According to an Editorial in Nature last year: “Young scientists face a harsher, more competitive, stricter, more dispiriting workplace than their bosses and senior colleagues did at the same stages of their own careers” (Nature 538, 427; 2016 ).

I am a 'young' (mid-career) scientist and although I don't feel dispirited, I recognize many of the difficulties outlined in the Editorial. So, I expect, will my colleagues across the world: they experience a toxic combination of increased pressure and expectation mixed with dwindling financial support.

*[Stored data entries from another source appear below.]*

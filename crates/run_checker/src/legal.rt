//! Whether a move is legal.

ghost use Rattle.std.specs.Prelude.{◌≡◌, ◌<◌, Some, IsNone, IsSomeAnd, false, is_none};
ghost use Rattle.std.specs.Option.{option_map};
ghost use Rattle.nesc_core.specs.View.{program_of};
ghost use Rattle.mote_devices.specs.Board.{line_of};
ghost use Rattle.core_meaning.specs.SourceOf.{source_of};
ghost use Rattle.run_meaning.specs.Runs as moves;
ghost use Rattle.run_meaning.specs.State as runs;
ghost use Rattle.run_checker.specs.Contexts.{IsMaybeKnown, context_of};
ghost use Rattle.run_checker.specs.States.{AreKnown, state_of};
ghost use Rattle.run_checker.specs.Tells.{Tells};

use crate::board::line;
use crate::context::{Progress, has_ended, is_next};
use crate::state::RunState;
use nesc_core::Program;
use nm_base::Action;
use run_meaning::Move;
use std::collections::VecDeque;

fn can_do(p: &Program, turns: u32, k: u32, c: &Option<Progress>, a: Action) -> bool
    requires known { IsMaybeKnown (program_of p.now) turns k c.now }
    requires few { k < turns }
    ensures { Tells result (IsSomeAnd (option_map context_of c.now) (moves.CanDo (source_of (program_of p.now)) a)) }
{
    match c {
        Some(c) => is_next(c, a),
        None => false,
    }
}

fn may_leave(p: &Program, turns: u32, k: u32, c: &Option<Progress>) -> bool
    requires known { IsMaybeKnown (program_of p.now) turns k c.now }
    requires few { k < turns }
    ensures { Tells result (IsSomeAnd (option_map context_of c.now) (moves.HasEnded (source_of (program_of p.now)))) }
{
    match c {
        Some(c) => has_ended(c),
        None => false,
    }
}

fn is_inside(p: &Program, turns: u32, k: u32, c: &Option<Progress>) -> bool
    requires known { IsMaybeKnown (program_of p.now) turns k c.now }
    ensures { result ≡ runs.is_inside (option_map context_of c.now) }
{
    match c {
        Some(c) => c.ends < c.begins,
        None => false,
    }
}

fn is_first(tasks: &VecDeque<u32>, k: u32) -> bool
    ensures { Tells result (moves.IsFirst tasks.now.items k) }
{
    match tasks.front() {
        Some(task) => *task == k,
        None => false,
    }
}

fn may_act(p: &Program, turns: u32, k: u32, r: &RunState, a: Action) -> bool
    requires known { AreKnown (program_of p.now) turns k r.now }
    requires few { k < turns }
    ensures { Tells result (IsSomeAnd (runs.acting (state_of r.now)) (moves.CanDo (source_of (program_of p.now)) a)) }
{
    if r.handler.is_some() {
        can_do(p, turns, k, &r.handler, a)
    } else {
        can_do(p, turns, k, &r.base, a)
    }
}

fn may_enter(p: &Program, turns: u32, k: u32, r: &RunState, v: u8) -> bool
    requires known { AreKnown (program_of p.now) turns k r.now }
    ensures { Tells result ((line_of r.now.board ≡ Some v) × IsNone r.now.handler × (runs.is_inside (option_map context_of r.now.base) ≡ false)) }
{
    line(&r.board) == Some(v) && r.handler.is_none() && !is_inside(p, turns, k, &r.base)
}

fn may_start(r: &RunState, k: u32) -> bool
    ensures { Tells result (IsNone r.now.base × IsNone r.now.handler × moves.IsFirst r.now.tasks.items k) }
{
    r.base.is_none() && r.handler.is_none() && is_first(&r.tasks, k)
}

fn may_finish(p: &Program, turns: u32, k: u32, r: &RunState) -> bool
    requires known { AreKnown (program_of p.now) turns k r.now }
    requires few { k < turns }
    ensures { Tells result (IsNone r.now.handler × IsSomeAnd (option_map context_of r.now.base) (moves.HasEnded (source_of (program_of p.now)))) }
{
    r.handler.is_none() && may_leave(p, turns, k, &r.base)
}

fn is_legal_there(p: &Program, turns: u32, k: u32, r: &RunState, m: Move) -> bool
    requires known { AreKnown (program_of p.now) turns k r.now }
    requires few { k < turns }
    ensures { Tells result (moves.LegalThere (source_of (program_of p.now)) (state_of r.now) m) }
{
    match m {
        Move::Arrive(_) => true,
        Move::Do(a) => may_act(p, turns, k, r, a),
        Move::Enter(v) => may_enter(p, turns, k, r, v),
        Move::Leave => may_leave(p, turns, k, &r.handler),
        Move::Start(task) => may_start(r, task),
        Move::Finish => may_finish(p, turns, k, r),
    }
}

/// Whether a move is legal next.
pub(crate) fn is_legal(p: &Program, turns: u32, k: u32, r: &RunState, m: Move) -> bool
    requires known { AreKnown (program_of p.now) turns k r.now }
    requires few { k < turns }
    ensures { Tells result (moves.Legal (source_of (program_of p.now)) (state_of r.now) m) }
{
    !r.stopped && is_legal_there(p, turns, k, r, m)
}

Those of us in Europe have an opportunity to seek change. The European Union is consulting on possible revisions to its current research and innovation programme, Horizon 2020 — the largest single source of scientific grants in the world. Young scientists should make their voices heard and ask for more.

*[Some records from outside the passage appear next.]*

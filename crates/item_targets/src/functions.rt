//! The declarations of a module: functions, and all of them in the order of the text.

ghost use Rattle.std.specs.Prelude.{◌≡◌, map, Ok, OnOk};
ghost use Rattle.std.specs.Option.{option_map};
ghost use Rattle.body_meaning.specs.View.{decl_of, head_of, maybe_stmt, param_of, stmt_of, variable_of, variables_of};
ghost use Rattle.body_meaning.specs.Tree as tree;
ghost use Rattle.nesc_tree.specs.View.{spec_of};
ghost use Rattle.elab_meaning.specs.Scope.{Env};
ghost use Rattle.nesc_unwired.specs.Calls as spec;
ghost use Rattle.nesc_unwired.specs.Calls.{Module};
ghost use Rattle.elab_attempts.specs.View.{now};
ghost use Rattle.item_targets.specs.Search.{Adds};
ghost use Rattle.item_targets.specs.Walk.{all_declared_at, behind_bracket_at, body_at, declared_at, env_in, function_at, module_of, within_at};

use crate::elements::Reaches;
use crate::search::Search;
use crate::statements::in_outermost;
use crate::variables::{in_local, in_variables};
use crate::walk::Walk;
use elab_attempts::Scopes;
use nesc_tree::{Decl, FuncHead, FuncKind, Param, Stmt, VarGroup, Variable};
use nm_base::{List, NoMemory, Pos};

fn params_in_force<R: Reaches>(
    walk: &Walk<'_, R>,
    scopes: &mut Scopes,
    at: Pos,
    params: &List<Param>,
) -> Result<(), NoMemory>
    ensures { OnOk result (spec.params_in_force (env_in R.reach walk.now) (module_of R.reach walk.now) at (map param_of params.now) (now scopes.old) ≡ Ok (tt, now scopes.new)) }
{
    for p in params.as_slice() {
        scopes.parameter(walk.alloc, walk.early, at, p)?;
    }
    Ok(())
}

fn own_name(scopes: &mut Scopes, head: &FuncHead) -> Result<(), NoMemory>
    ensures { (env : Env) (m : Module) → OnOk result (spec.own_name env m (head_of head.now) head.now.kind (now scopes.old) ≡ Ok (tt, now scopes.new)) }
{
    match head.kind {
        FuncKind::Plain => scopes.hide(&head.name),
        FuncKind::Task => scopes.hide(&head.name),
        FuncKind::Command => Ok(()),
        FuncKind::Event => Ok(()),
    }
}

// The parameters behind the bracket, and the body in their scope.
#[tactic(auto, unfolding(crate::specs::Search::Adds))]
fn behind_bracket<R: Reaches>(
    walk: &Walk<'_, R>,
    search: &mut Search,
    head: &FuncHead,
    x: &Stmt,
) -> Result<(), NoMemory>
    ensures { Adds result (behind_bracket_at R.reach walk.now (head_of head.now) (stmt_of x.now)) search.old search.new }
{
    params_in_force(walk, &mut search.scopes, head.pos, &head.params)?;
    in_outermost(walk, search, x)
}

// All parameters, and the body in their scope.
#[tactic(auto, unfolding(crate::specs::Search::Adds))]
fn within<R: Reaches>(
    walk: &Walk<'_, R>,
    search: &mut Search,
    head: &FuncHead,
    x: &Stmt,
) -> Result<(), NoMemory>
    ensures { Adds result (within_at R.reach walk.now (head_of head.now) (stmt_of x.now)) search.old search.new }
{
    search
        .scopes
        .bracket(walk.alloc, walk.early, head.pos, &head.bracket)?;
    behind_bracket(walk, search, head, x)
}

#[tactic(auto, unfolding(crate::specs::Search::Adds, crate::specs::Walk::body_at))]
fn in_body<R: Reaches>(
    walk: &Walk<'_, R>,
    search: &mut Search,
    head: &FuncHead,
    body: &Option<Stmt>,
) -> Result<(), NoMemory>
    ensures { Adds result (body_at R.reach walk.now (head_of head.now) (maybe_stmt (option_map stmt_of body.now))) search.old search.new }
{
    match body {
        None => Ok(()),
        Some(x) => {
            let outer = search.scopes.enter();
            within(walk, search, head, x)?;
            search.scopes.leave(outer);
            Ok(())
        }
    }
}

#[tactic(auto, unfolding(crate::specs::Search::Adds))]
fn in_function<R: Reaches>(
    walk: &Walk<'_, R>,
    search: &mut Search,
    head: &FuncHead,
    body: &Option<Stmt>,
) -> Result<(), NoMemory>
    ensures { Adds result (function_at R.reach walk.now (head_of head.now) (maybe_stmt (option_map stmt_of body.now))) search.old search.new }
{
    own_name(&mut search.scopes, head)?;
    in_body(walk, search, head, body)
}

fn first_at(variables: &List<Variable>) -> Pos
    ensures { (env : Env) (m : Module) → result ≡ spec.first_at env m (record { file = 0; line = 1; col = 1 }) (map variable_of variables.now) }
{
    match variables.as_slice().first() {
        None => Pos {
            file: 0,
            line: 1,
            col: 1,
        },
        Some(v) => v.pos,
    }
}

#[tactic(auto, unfolding(crate::specs::Search::Adds))]
fn in_group<R: Reaches>(
    walk: &Walk<'_, R>,
    search: &mut Search,
    group: &VarGroup,
) -> Result<(), NoMemory>
    ensures { Adds result (declared_at R.reach walk.now (tree.variables (spec_of group.now.ty) group.now.norace (variables_of group.now))) search.old search.new }
{
    let at = first_at(&group.vars);
    in_variables(walk, search, at, &group.ty, &group.vars)
}

#[tactic(auto, unfolding(crate::specs::Search::Adds, crate::specs::Walk::declared_at, crate::specs::Walk::function_at, crate::specs::Walk::local_at, crate::specs::Walk::variables_at))]
fn in_decl<R: Reaches>(walk: &Walk<'_, R>, search: &mut Search, d: &Decl) -> Result<(), NoMemory>
    ensures { Adds result (declared_at R.reach walk.now (decl_of d.now)) search.old search.new }
{
    match d {
        Decl::Typedef { pos, .. } => in_local(walk, search, *pos, d),
        Decl::TypeOnly(_, pos) => in_local(walk, search, *pos, d),
        Decl::Vars(group) => in_group(walk, search, group),
        Decl::Func { head, body } => in_function(walk, search, head, body),
    }
}

/// Adds the calls and signals in declarations, in the order of the text.
#[tactic(auto, unfolding(crate::specs::Search::Adds))]
pub(crate) fn in_decls<R: Reaches>(
    walk: &Walk<'_, R>,
    search: &mut Search,
    decls: &[Decl],
) -> Result<(), NoMemory>
    ensures { Adds result (all_declared_at R.reach walk.now (map decl_of decls.now)) search.old search.new }
{
    for d in decls {
        in_decl(walk, search, d)?;
    }
    Ok(())
}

What do we want? To find out, the FENS-Kavli Network of Excellence, an academy of young European neuroscientists I chair, asked more than 300 Europe-based researchers for input. Some of us discussed ways to improve the situation at a workshop organized by the European Research Council (ERC) last month. So, what would it take to create the perfect grant for young scientists?

The first factor is more funds ring-fenced to support individual young and mid-career scientists. There are few opportunities for single-investigator grants in Europe — these are essentially limited to the ERC funding schemes, the budget for which is just 17% of Horizon 2020. With success rates for most European grants very low, this makes it extremely challenging to support an independent research team, especially for early-career scientists. This is not the case in the United States, for example, where the National Institutes of Health devotes more than 30% of its budget for R01 single-investigator grants to support early-career researchers.

However good we are, young researchers in Europe simply cannot compete: short track records, limited experience at coordinating large grants and generally small networks of collaborators bias most — typically multi-investigator — funding schemes towards senior, well-connected principal investigators.

Although popular with many funders, collaborative, multi-investigator funding schemes come with their own difficulties. They often require high levels of management and coordination. Plus, true collaborations cannot always be forced from numerous principal investigators with different priorities. More importantly, owing to their large budgets, there are very few such grants and their success rates often drop below 10%, essentially pushing young scientists out of competition.

The perfect grant to build a successful lab, according to the participants in our survey, would last for about five years, have a budget of about €2 million (US$2.1 million) and support a small number of collaborators — not more than five.

The second factor in a perfect grant relates to the application process. When we asked young scientists to identify their biggest obstacle to carrying out good science, they named the burden not of teaching, but of grant preparation. Young scientists spend a colossal amount of time on this — and they know that much of their effort is wasted.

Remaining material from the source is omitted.